Due to changes in the storage paths for data and log, a new database needs to be created on the primary machine. This can be done in fdbcli by creating a new database with ssd as the storage engine.

  1. user@host$ fdbcli
  2. fdb> configure new single ssd
  3. Database created

Finally, check through fdbcli to see if it starts up normally.

  1. user@host$ fdbcli
  2. Using cluster file `/etc/foundationdb/fdb.cluster'.
  3. The database is available.
  4. Welcome to the fdbcli. For help, type `help'.

At this point, the configuration of the primary machine is completed.

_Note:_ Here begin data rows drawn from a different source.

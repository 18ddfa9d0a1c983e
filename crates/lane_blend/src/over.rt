//! A row over another.
ghost use Rattle.std.specs.Prelude.{◌≡◌, ◌≤◌, ◌%◌, length};
ghost use Rattle.pixel_math.specs.Arithmetic.{over, over_byte};
ghost use Rattle.lane_blend.specs.Rows.{AreLowered, IsRow, pixel_at, width_of};

use crate::lanes::over_lanes;
use std::simd::prelude::*;

/// Lays the row `src` over the row `dst`, pixel by pixel. Both have the same length and whole pixels, none with a colour
/// byte above its alpha.
pub fn over_row(src: &[u8], dst: &mut [u8])
    requires lengths { length src.now ≡ length dst.old }
    requires whole { length dst.old % 4 ≡ 0 }
    requires upper { AreLowered src.now }
    requires lower { AreLowered dst.old }
    ensures row { IsRow (width_of dst.old) (λ i. over (pixel_at src.now i) (pixel_at dst.old i)) dst.new }
    ensures lowered { AreLowered dst.new }
{
    let mut at = 0;
    'lanes: while dst.len() - at >= 16 {
        let above = u8x16::from_slice(&src[at..]);
        let below = u8x16::from_slice(&dst[at..]);
        over_lanes(above, below).copy_to_slice(&mut dst[at..]);
        at += 16;
    }
    'bytes: while at < dst.len() {
        dst[at] = over_byte(src[at], dst[at], src[at / 4 * 4 + 3]);
        at += 1;
    }
}

/// Lays the byte `upper`, of a pixel with this alpha, over `lower`.
fn over_byte(upper: u8, lower: u8, alpha: u8) -> u8
    requires { upper ≤ alpha }
    ensures { result ≡ over_byte upper lower alpha }
{
    let below = (u16::from(lower) * u16::from(255 - alpha) + 127) / 255;
    (u16::from(upper) + below) as u8
}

Build FoundationDB cluster

Before Deployment - 图6tip

If you are only deploying a single machine for development or testing, you can skip this step.

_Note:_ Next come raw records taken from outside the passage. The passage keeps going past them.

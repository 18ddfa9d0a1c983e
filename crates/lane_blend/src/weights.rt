//! Steps of a mix as weights of sixteen bits.
ghost use Rattle.std.specs.Prelude.{◌≡◌, ◌-◌, ◌<◌, ◌≤◌, true, IfSome};
ghost use Rattle.pixel_math.specs.Arithmetic.{mix_byte};
ghost use Rattle.lane_blend.specs.Weights.{AreMixWeights, AreWhole, Mixes, base_of, new_weight, old_weight, weighed};

/// The most steps of a mix for which weights are looked for.
const MAX_STEPS: u32 = 1_000_000;

/// Weights of two bytes, which add up to 65536, and a base: they make of two bytes the byte
/// `(old * old_weight + new * new_weight + base) / 65536`. Each number is kept as its upper and lower byte, so that each step
/// fits 16 bits.
#[derive(Clone, Copy, Debug, PartialEq, Eq)]
pub(crate) struct Weights {
    old_high: u8,
    old_low: u8,
    new_high: u8,
    new_low: u8,
    base_high: u8,
    base_low: u8,
}

impl Weights {
    /// Returns weights that mix every two bytes as step `j` of `d` does, if some are found: they are tried on every difference of
    /// two bytes. There are some for each step if `d` is at most 365; that is not proved.
    pub(crate) fn find(j: u32, d: u32) -> Option<Weights>
        requires after { 0 < j }
        requires before { j < d }
        ensures { IfSome result (AreMixWeights j d) }
    {
        if d > MAX_STEPS {
            return None;
        }
        let first = ((u64::from(j) << 16) / u64::from(d) & 65535) as u32;
        for above in 0..4u32 {
            let weight = (first + above).saturating_sub(1);
            let base = least_base(j, d, weight);
            if 0 < weight && weight < 65536 && base < 65536 && mixes(j, d, weight, base) {
                return Some(Weights::new(weight, base));
            }
        }
        None
    }

    /// Returns the weights `65536 - weight` of the old byte and `weight` of the new one, with a base.
    fn new(weight: u32, base: u32) -> Weights
        requires some { 0 < weight }
        requires weight { weight < 65536 }
        requires base { base < 65536 }
        ensures old { old_weight result ≡ 65536 - weight }
        ensures new { new_weight result ≡ weight }
        ensures base { base_of result ≡ base }
    {
        let rest = 65536 - weight;
        Weights {
            old_high: (rest / 256) as u8,
            old_low: (rest % 256) as u8,
            new_high: (weight / 256) as u8,
            new_low: (weight % 256) as u8,
            base_high: (base / 256) as u8,
            base_low: (base % 256) as u8,
        }
    }

    /// Returns the byte that the weights make of two bytes.
    fn weighed(self, old: u8, new: u8) -> u8
        requires { AreWhole self }
        ensures { result ≡ weighed (old_weight self) (new_weight self) (base_of self) old new }
    {
        let low_old = u16::from(old) * u16::from(self.old_low);
        let low_new = u16::from(new) * u16::from(self.new_low);
        let low_both = low_old + low_new;
        let low = low_both + u16::from(self.base_low);
        let high_old = u16::from(old) * u16::from(self.old_high);
        let high_new = u16::from(new) * u16::from(self.new_high);
        let high_both = high_old + high_new;
        let high = high_both + u16::from(self.base_high);
        let sum = high + low / 256;
        (sum / 256) as u8
    }

    /// Returns the mix of two bytes at the step of the weights.
    pub(crate) fn mixed(self, old: u8, new: u8, j: u32, d: u32) -> u8
        requires { AreMixWeights j d self }
        ensures { result ≡ mix_byte old new j d }
    {
        self.weighed(old, new)
    }
}

/// Returns whether the weights `65536 - weight` and `weight` and the base mix every two bytes as step `j` of `d` does. It
/// tries 512 differences: a mix is the lesser byte and what the difference adds.
fn mixes(j: u32, d: u32, weight: u32, base: u32) -> bool
    requires after { 0 < j }
    requires before { j < d }
    requires few { d ≤ 1000000 }
    requires some { 0 < weight }
    requires weight { weight < 65536 }
    requires base { base < 65536 }
    ensures { result ≡ true → Mixes j d (65536 - weight) weight base }
{
    'bytes: for e in 0..256u32 {
        if (e * weight + base) / 65536 != (e * j + d / 2) / d {
            return false;
        }
        if (e * (65536 - weight) + base) / 65536 != (e * (d - j) + d / 2) / d {
            return false;
        }
    }
    true
}

/// Returns the least base that can work with a weight of the new byte. It may still not mix all bytes as the step does.
fn least_base(j: u32, d: u32, weight: u32) -> u32 {
    let steps = d.max(1);
    let rest = 65536u32.wrapping_sub(weight);
    let mut least = 0u32;
    for e in 0..256u32 {
        let up = e.wrapping_mul(j).wrapping_add(d / 2) / steps;
        let down = e.wrapping_mul(d.wrapping_sub(j)).wrapping_add(d / 2) / steps;
        least = least.max(
            up.wrapping_mul(65536)
                .saturating_sub(e.wrapping_mul(weight)),
        );
        least = least.max(
            down.wrapping_mul(65536)
                .saturating_sub(e.wrapping_mul(rest)),
        );
    }
    least
}

/// Returns the byte at step `j` of `d` on the way from `old` to `new`.
pub(crate) fn mix_byte(old: u8, new: u8, j: u32, d: u32) -> u8
    requires after { 0 < j }
    requires before { j < d }
    ensures { result ≡ mix_byte old new j d }
{
    let sum = u64::from(old) * u64::from(d - j) + u64::from(new) * u64::from(j);
    ((sum + u64::from(d / 2)) / u64::from(d)) as u8
}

For machines other than the primary machine, follow the same steps of configuring the primary machine to create the data and log directories. Then, set access privileges to the /etc/foundationdbdirectory:

  1. chmod -R 777 /etc/foundationdb

Replace /etc/foundationdb/foundationdb.conf and /etc/foundationdb/fdb.cluster of the primary machine with those of the local machine.

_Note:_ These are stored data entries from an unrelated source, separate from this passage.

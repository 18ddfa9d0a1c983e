//! A mix of two rows.
ghost use Rattle.std.specs.Prelude.{◌≡◌, ◌<◌, ◌%◌, ◌↔◌, true, length};
ghost use Rattle.pixel_math.specs.Arithmetic.{mix};
ghost use Rattle.lane_blend.specs.Rows.{AreLowered, IsRow, pixel_at, width_of};
ghost use Rattle.lane_blend.specs.Steps.{MixStep, step_of};
ghost use Rattle.lane_blend.specs.Weights.{AreMixWeights};

use crate::weights::{Weights, mix_byte};
use std::marker::Model;

/// Mixes each pixel of the row `old_in_out` with the one of `new` at the same place: at step `j` of `d` on the way to `new`.
/// Both rows have the same length and whole pixels, none with a colour byte above its alpha. For many rows at one step make
/// a [`RowMix`] once.
pub fn mix_row(new: &[u8], old_in_out: &mut [u8], j: u32, d: u32)
    requires after { 0 < j }
    requires before { j < d }
    requires lengths { length new.now ≡ length old_in_out.old }
    requires whole { length old_in_out.old % 4 ≡ 0 }
    requires new { AreLowered new.now }
    requires old { AreLowered old_in_out.old }
    ensures row { IsRow (width_of old_in_out.old) (λ i. mix (pixel_at old_in_out.old i) (pixel_at new.now i) j d) old_in_out.new }
    ensures lowered { AreLowered old_in_out.new }
{
    RowMix::new(j, d).apply(new, old_in_out);
}

/// A step of a mix, prepared once for mixing many rows. Contracts see the step.
#[derive(Drop)]
pub struct RowMix {
    j: u32,
    d: u32,
    weights: Option<Weights>,
}

impl Model for RowMix {
    ghost use Rattle.std.specs.Prelude.{◌<◌, IfSome};
    ghost use Rattle.lane_blend.specs.Steps.{IsMixStep, MixStep, step_of};
    ghost use Rattle.lane_blend.specs.Weights.{AreMixWeights};

    ghost Value = { MixStep };

    ghost view = { λ m. step_of m.j m.d };

    ghost invariant = { λ m. IsMixStep (step_of m.j m.d) × IfSome m.weights (AreMixWeights m.j m.d) };
}

impl RowMix {
    /// Prepares for mixing rows at step `j` of `d`: above 0 and below `d`.
    pub fn new(j: u32, d: u32) -> RowMix
        requires after { 0 < j }
        requires before { j < d }
        ensures { result ≡ step_of j d }
    {
        RowMix {
            j,
            d,
            weights: Weights::find(j, d),
        }
    }

    /// Returns whether it is step `j` of `d`.
    pub fn is_step(&self, j: u32, d: u32) -> bool
        ensures { (result ≡ true) ↔ (self.now ≡ step_of j d) }
    {
        self.j == j && self.d == d
    }

    /// Mixes each pixel of the row `old_in_out` with the one of `new` at the same place, as [`mix_row`] does. Both rows have
    /// the same length and whole pixels, none with a colour byte above its alpha.
    pub fn apply(&self, new: &[u8], old_in_out: &mut [u8])
        requires lengths { length new.now ≡ length old_in_out.old }
        requires whole { length old_in_out.old % 4 ≡ 0 }
        requires new { AreLowered new.now }
        requires old { AreLowered old_in_out.old }
        ensures row { IsRow (width_of old_in_out.old) (λ i. mix (pixel_at old_in_out.old i) (pixel_at new.now i) self.now.j self.now.d) old_in_out.new }
        ensures lowered { AreLowered old_in_out.new }
    {
        match self.weights {
            Some(weights) => mix_by_weights(new, old_in_out, weights, self.j, self.d),
            None => mix_plainly(new, old_in_out, self.j, self.d),
        }
    }
}

/// Mixes each pixel of two rows by the weights of a step.
fn mix_by_weights(new: &[u8], old_in_out: &mut [u8], weights: Weights, j: u32, d: u32)
    requires weights { AreMixWeights j d weights }
    requires lengths { length new.now ≡ length old_in_out.old }
    requires whole { length old_in_out.old % 4 ≡ 0 }
    ensures { IsRow (width_of old_in_out.old) (λ i. mix (pixel_at old_in_out.old i) (pixel_at new.now i) j d) old_in_out.new }
{
    let mut at = 0;
    'bytes: while at < old_in_out.len() {
        old_in_out[at] = weights.mixed(old_in_out[at], new[at], j, d);
        at += 1;
    }
}

/// Mixes each pixel of two rows at step `j` of `d` by a division for each byte.
fn mix_plainly(new: &[u8], old_in_out: &mut [u8], j: u32, d: u32)
    requires after { 0 < j }
    requires before { j < d }
    requires lengths { length new.now ≡ length old_in_out.old }
    requires whole { length old_in_out.old % 4 ≡ 0 }
    ensures { IsRow (width_of old_in_out.old) (λ i. mix (pixel_at old_in_out.old i) (pixel_at new.now i) j d) old_in_out.new }
{
    let mut at = 0;
    'bytes: while at < old_in_out.len() {
        old_in_out[at] = mix_byte(old_in_out[at], new[at], j, d);
        at += 1;
    }
}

Then, restart FoundationDB service on the local machine.

  1. # for service
  2. user@host$ sudo service foundationdb restart
  3. # for systemd
  4. user@host$ sudo systemctl restart foundationdb.service

After these steps on all machines, the machines will be connected to the same cluster (i.e., the same fdb.cluster). Log in to the primary machine and configure double replicas.

  1. user@host$ fdbcli
  2. Using cluster file `/etc/foundationdb/fdb.cluster'.
  3. The database is available.
  4. Welcome to the fdbcli. For help, type `help'.
  5. fdb> configure double
  6. Configuration changed.

Then, on the primary machine, configure the fdb.clusterfile with the accessible machines and ports for disaster recovery purposes.

  1. user@host$ fdbcli
  2. Using cluster file `/etc/foundationdb/fdb.cluster'.
  3. The database is available.
  4. Welcome to the fdbcli. For help, type `help'.
  5. fdb> coordinators ${primary machine ip}:4500 ${secondary machine 1 ip}:4500 ${secondary machine 2 ip}:4500 (Fill in all machines)
  6. Coordinators changed

Finally, check if the configuration is successful using the status command in fdbcli:

  1. [root@ip-10-100-3-91 recycler]# fdbcli
  2. Using cluster file `/etc/foundationdb/fdb.cluster'.
  3. The database is available.
  4. Welcome to the fdbcli. For help, type `help'.
  5. fdb> status
  6. Using cluster file `/etc/foundationdb/fdb.cluster'.
  7. Configuration:
  8. Redundancy mode - double
  9. Storage engine - ssd-2
  10. Coordinators - 3
  11. Usable Regions - 1
  12. Cluster:
  13. FoundationDB processes - 15
  14. Zones - 3
  15. Machines - 3
  16. Memory availability - 6.1 GB per process on machine with least available
  17. Fault Tolerance - 1 machines
  18. Server time - 11/11/22 04:47:30
  19. Data:
  20. Replication health - Healthy
  21. Moving data - 0.000 GB
  22. Sum of key-value sizes - 0 MB
  23. Disk space used - 944 MB
  24. Operating space:
  25. Storage server - 473.9 GB free on most full server
  26. Log server - 473.9 GB free on most full server
  27. Workload:
  28. Read rate - 19 Hz
  29. Write rate - 0 Hz
  30. Transactions started - 5 Hz
  31. Transactions committed - 0 Hz
  32. Conflict rate - 0 Hz
  33. Backup and DR:
  34. Running backups - 0
  35. Running DRs - 0

Install OpenJDK17

All nodes must have OpenJDK 17 installed. You can download the installation package from the following link: OpenJDK 17

Then, simply extract the downloaded OpenJDK package directly to the installation path:

  1. tar xf openjdk-17.0.1_linux-x64_bin.tar.gz -C /opt/
  2. # Before starting Meta Service or Recycler
  3. export JAVA_HOME=/opt/jdk-17.0.1

Note

The machines deployed with FoundationDB can also be deployed with Meta Service and Recycler, which is also the recommended deployment method to save on machine resources.